Recorded data
--- --- ---

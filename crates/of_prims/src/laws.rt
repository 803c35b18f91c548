// A law has no parameters and does nothing: its contract is the law.
ghost use Rattle.of_prims.specs.Listed.{ThrowListedNumbers};

use of_calc::calculations_throw_listed;

/// What these words throw has one of the numbers that words raise of themselves, and so has what a
/// fault of the data space throws.
#[tactic(auto, using(crate::proofs::ListedLemmas::throw_listed_numbers))]
pub fn prims_throw_listed()
    ensures { ThrowListedNumbers }
{
    calculations_throw_listed();
}
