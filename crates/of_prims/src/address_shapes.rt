use of_cells::Cell;

/// What a word of the group Addresses takes from the data stack and leaves there; the cell is the
/// size of an item, in bytes.
#[derive(Clone, Copy)]
pub(crate) enum Addressing {
    /// ( -- n ) the size.
    Size(Cell),
    /// ( a i -- a' ) past so many items.
    Indexed(Cell),
    /// ( a -- a' ) past one item.
    Next(Cell),
    /// ( i -- n ) the size of so many items.
    Scaled(Cell),
    /// ( x -- y ) up to a multiple of 4.
    Aligned,
    /// ( -- a ) the next free address.
    Here,
    /// ( a n -- a' a ) the end of a range and its start.
    Bounds,
}
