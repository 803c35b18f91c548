//! The words over the data stack, the data space and the pictured text.
#![tactic(auto)]

mod address_shapes;
mod address_words;
mod faults;
mod laws;
mod memory_words;
mod number_words;
mod prims;
mod text_words;

pub use address_words::run_address_word;
pub use faults::throw_of;
pub use laws::prims_throw_listed;
pub use memory_words::{fetch, fetch_byte, run_memory_word, store, store_byte};
pub use number_words::run_number_word;
pub use prims::prim;
pub use text_words::run_text_word;
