/// A new slot is given to the live instances of the active package, the oldest first, each the least free address;
/// which instance is current matters not.
const GIVEN: &str = "\
/slot ca046f70656e0800 b7 a4 c2 a5 a5 0203 020b 0205 46 c0 b50801 b9 0801 9b 11 0801 10e0000004 0208 9b 00|\
300010 300018
/slot ca046f70656e0800 b7 a4 c2 a5 a5 0203 020b 0205 46 a5 a5 0203 020b 0205 46 c0 b50801 b9 \
0801 9b 11 0801 10e0000004 0208 9b 11 0801 10e0000008 0208 9b 00|300018 300020 300028
/slot ca046f70656e0800 b7 a4 c2 a5 a5 0203 020b 0205 46 c0 a7 b50801 b8 0801 9d 11 0801 10e0000004 0208 9d \
1000300010 6d 9d 1000300018 6d 9d 00|2 2 2 2
/slot ca046f70656e0800 b7 a4 c2 a5 a5 0203 020b 0205 46 a5 a5 0203 020b 0205 46 10e0000004 0206 c0 b50801 b9 \
0801 9b 11 0801 10e0000008 0208 9b 00|300008 300018
/slot ca046f70656e0800 b7 a4 c2 a5 a5 0203 020b 0205 46 a5 a5 0203 020b 0205 46 10e0000004 0206 \
c0 1000000009 b50801 bd 0801 9b 11 0801 10e0000008 0208 9b 00|300018 300028
/slot ca046f70656e0800 b7 a4 c2 a5 a5 0203 020b 0205 46 00 + \
/slot c0 b50801 b9 0801 9b 11 0801 10e0000004 0208 9b 00|300018 300010
/slot 011f c0 b50800 b9 0800 9b 0127 c0 b50801 b9 0801 9b 00|300010 300008
/slot 011f 011f c0 b50800 b9 0800 9b 0127 c0 b50801 b9 0801 9b 0127 c0 b50802 b9 0802 9b 00|300018 300010 300008
/slot b50800 b7 011f a4 0218 c2 11 0800 0217 46 c0 a7 b50801 b8 11 0801 10e0000004 0208 9d 1000300010 6d 9d 0801 00|\
2 2 fault -260: no such instance$
/slot 011f c0 a7 120df108000000000000b50801b800 46 a6 11 023e 020a 0208 0801 9d 11 0801 020a 0208 00|\
2 fault -260: no such instance$
/slot ca046f70656e0800 b7 a4 c2 0203 0206 c0 a7 b50801 b8 a5 a5 10d0000008 0205 46 \
11 0801 10e0000004 0208 9d 1000300008 6d 9d 0801 00|2 2 fault -260: no such instance$
";

/// An instance that is opened takes the block of its arguments and then one for each slot, in the order of making, and
/// gives them all back when it is released.
const BLOCKS: &str = "\
/slot ca046f70656e0800 b7 a4 c2 c0 b50801 b9 c0 1000000009 b50802 bd c0 a7 b50803 b8 c0 b50804 b9 \
12026162 0203 020b 0205 46 11 0202 10e0000004 0208 46 9b 11 0801 10e0000004 0208 9b 11 0802 10e0000004 0208 9b \
1000300050 6d 9d 11 0804 10e0000004 0208 9b 00|300030 300038 300040 2 300058
/slot c0 a5 b50800 bd 0800 9b c0 b50801 b9 0801 9b 00|300008 300010
/slot c0 1000000008 b50800 bd c0 b50801 b9 0801 9b 00|300010
/slot ca046f70656e0800 b7 a4 c2 c0 b50801 b9 a5 a5 0203 020b 0205 46 a5 a5 0203 020b 0205 46 10e0000004 0206 \
1209616263646566676869 0203 020b 0205 46 11 0202 10e000000c 0208 46 9b 11 0801 10e000000c 0208 9b 00|300010 300030
/slot ca046f70656e0800 b7 a4 c2 c0 b50801 b9 c0 a7 b50802 b8 a5 a5 0203 020b 0205 46 \
a4 1000300020 72 a4 1000300028 72 10e0000004 0206 a5 a5 0203 020b 0205 46 \
11 0801 10e0000008 0208 47 9b 6d 9d 11 0802 10e0000008 0208 9d 00|300020 0 2
/slot ca046f70656e0800 b7 a4 c2 c0 b50801 b9 a5 a5 0203 020b 0205 46 1061620000 1000300018 72 10e0000004 0206 \
1000300018 a7 0203 020b 0205 46 11 0202 10e0000008 0208 90 11 0801 10e0000008 0208 47 9b 6d 9d 00|ab300018 0
/slot c0 b50801 b9 ca046f70656e0800 b7 0801 9b a5 c2 a5 a5 0203 020b 0205 46 a5 a5 0203 020b 0205 9d 00|300018 300018 0
/slot c0 b50801 b9 ca046f70656e0800 b7 0801 9b a4 0218 c2 a5 a5 0203 020b 11 0205 0217 46 \
a5 a5 0203 020b 11 0205 0217 9d 00|300018 300028 -1
/slot c0 b50800 b9 12026162 a5 a5 023f 0202 46 9b 0800 9b c0 b50801 b9 0801 9b 00|300010 300008 300000
/slot c0 b50800 b9 0800 9b a4 0800 72 00 + /slot 0800 9b 0800 6d 9d 00|300008 300008 0
/slot c0 a7 b50800 b8 a8 c3 0800 0800 9d 00 + /slot 0800 9d 0202 46 9b c0 b50801 b9 0801 9b 00|3 2 300000 300010
/slot ca046f70656e0800 b7 a4 c2 c0 a7 b50801 b8 a5 a5 0203 020b 0205 46 00 + \
/slot c0 b50802 b9 0802 9b 11 0802 10e0000004 0208 9b 00|300028 300020
/slot c0 b50800 b9 a4 0218 00 + /slot 0800 9b 00|fault -1: abort$300008
/slot 011f c0 b50800 b9 a4 0218 00 + /slot 011f 0202 46 9b 00|fault -1: abort$300008
";

/// Where the blocks find no room, all or none are taken: the word isn't made, and its number and `instance` wait for
/// another one, or no instance is opened. Where no instance is live, no room is needed.
const FULL: &str = "\
/slot c0 100001fff8 b50800 bd 0800 9b ad 9b 00|300008 100000
/slot c0 100001fff9 b50800 bd 00 + /slot 0800 00|fault -8: dictionary overflow$fault -256: fcode not assigned$
/slot c0 100001fff9 b50800 bd 00 + /slot a8 bd 0800 9b b50801 b9 0801 9b 00|fault -8: dictionary overflow$300008 100000
/slot c0 a4 b50800 bd 00|fault -8: dictionary overflow$
/slot ca046f70656e0800 b7 a4 c2 a5 a5 0203 020b 0205 46 c0 1000010000 b50801 bd 00 + \
/slot 100000fff8 bd 0801 9b 11 0801 10e0000004 0208 9b 00|fault -8: dictionary overflow$310008 300010
/slot ca046f70656e0800 b7 a4 c2 a5 a5 0203 020b 0205 46 c0 1000010000 120df108000000000000b50801bd00 46 a6 \
11 023e 0217 9d b9 0801 9b 11 0801 10e0000004 0208 9b 11 0801 9b 00|-8 300010 300018 c0000530
/slot ca046f70656e0800 b7 a4 c2 1000100000 100001fff0 0203 020b 0205 46 c0 120df108000000000000b50801b900 46 a6 \
11 023e 0217 9d 011f 0202 46 9b 00|-8 31fff8
/slot ca046f70656e0800 b7 a4 c2 1000100000 100001fff8 0203 020b 0205 46 c0 a7 b50801 b8 00 + \
/slot 10e0000004 0206 a7 b8 0801 9d 1000300008 6d 9d 00|fault -8: dictionary overflow$2 2
/slot ca046f70656e0800 b7 a4 c2 1000100000 100001fff8 0203 020b 0205 46 c0 b50801 bc 00|\
fault -8: dictionary overflow$
/slot ca046f70656e0800 b7 a4 c2 1000100000 100001fff8 0203 020b 0205 46 c0 a7 b50801 ba 0801 9d 00|2
/slot ca046f70656e0800 b7 a4 c2 c0 1000010000 b50801 bd a5 a5 0203 020b 11 0205 0217 9d 9b 9d 9d \
011f 0203 9b 0202 46 9b 00|-8 d0000008 0 0 e0000004 310008
/packages 011f 120170 0201 ca046f70656e0800 b7 a4 c2 0127 1000100000 100001fff8 120170 020f 46 0203 0206 \
c0 1000000009 b50801 bd 11 0801 9b 00|c0000530
";

/// Away from home, where the current instance is another package's or was released, there is no slot to read or to
/// store into; called for an instance of its package a word is at home again.
const AWAY: &str = "\
/slot c0 a7 b50800 b8 011f 0800 00|fault -260: no such instance$
/slot c0 a7 b50800 b8 c0 b50801 b9 c0 a7 b50802 bd c0 b50803 bc 11 7b c3 0803 011f \
11 0800 0217 9d 11 0801 0217 9d 11 0802 0217 9d 11 0803 0217 9d 00|-104 -104 -104 -104
/slot c0 a7 b50800 b8 c0 b50801 b9 c0 a7 b50802 bd c0 b50803 bc 11 7b c3 0803 0203 0206 \
11 0800 0217 9d 11 0801 0217 9d 11 0802 0217 9d 0803 00|-104 -104 -104 fault -260: no such instance$
/slot c0 a7 b50800 b8 011f 11 0800 1d 00|fault -260: no such instance$
/slot c0 a7 b50800 b8 011f 11 0800 11 1d 0217 9d 9d 00|-104 0
/slot 011f c0 a7 b50800 b8 0127 0800 00|fault -260: no such instance$
/packages c0 a7 b50800 b8 0800 9d 00 + /slot 0800 00|2 fault -260: no such instance$
/packages 011f 120170 0201 c0 a7 b50800 b8 0127 011f 120170 0201 0800 00|fault -260: no such instance$
/slot c0 a7 b50800 b8 011f c0 a8 b50801 b8 0801 9d 11 0800 020a 0208 9d 11 0801 020a 11 0208 0217 9d 00|3 2 -104
/slot c0 a7 b50800 b8 011f c3 0800 00|fault -4: stack underflow$
/slot c0 a7 b50800 b8 011f a5 c3 0800 00|fault -260: no such instance$
/slot c0 b50800 bc 011f c3 0800 00|fault -4: stack underflow$
/slot c0 b50800 bc 011f a5 c3 0800 00|fault -260: no such instance$
/slot c0 a7 b50800 b8 0203 0206 a5 c3 0800 00|fault -260: no such instance$
/slot c0 a7 b50800 b8 b50801 b7 c3 0800 c2 011f a8 11 0801 0217 9d 9d 0127 0800 9d 00|-104 3 2
/slot c0 b50800 bc 011f 11 0800 de 00|fault -260: no such instance$
/slot c0 b50800 bc 011f 11 0800 11 de 0217 9d 9b 00|-104 c000052c
/slot c0 b50800 bc b50801 bc 11 0800 c3 0801 11 a8 c3 0800 0801 9d 011f 11 0801 0217 9d 00|3 -104
/slot c0 a7 b50800 b8 011f 11 0800 020a 0208 9d 0203 9b 0800 00|2 e0000004 fault -260: no such instance$
/slot c0 a7 b50800 b8 011f 11 0800 0203 0208 00|fault -260: no such instance$
/slot c0 a7 b50800 b8 011f 11 0800 0203 11 0208 0217 9d 9d 9d 0203 9b 00|-104 0 0 e0000004
/slot c0 a7 b50800 b8 ca016d0801 b7 0800 9d 0203 0206 0800 c2 011f 12016d 0209 00|2 fault -260: no such instance$
/slot c0 b50800 bc 011f c0 a7 b50801 b8 0127 11 0801 c3 0800 0800 00|fault -260: no such instance$
";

--- --- ---

Goal of the exercise: The required output is every line above that contains the string "const".

Expected answer:
const GIVEN: &str = "\
const BLOCKS: &str = "\
const FULL: &str = "\
const AWAY: &str = "\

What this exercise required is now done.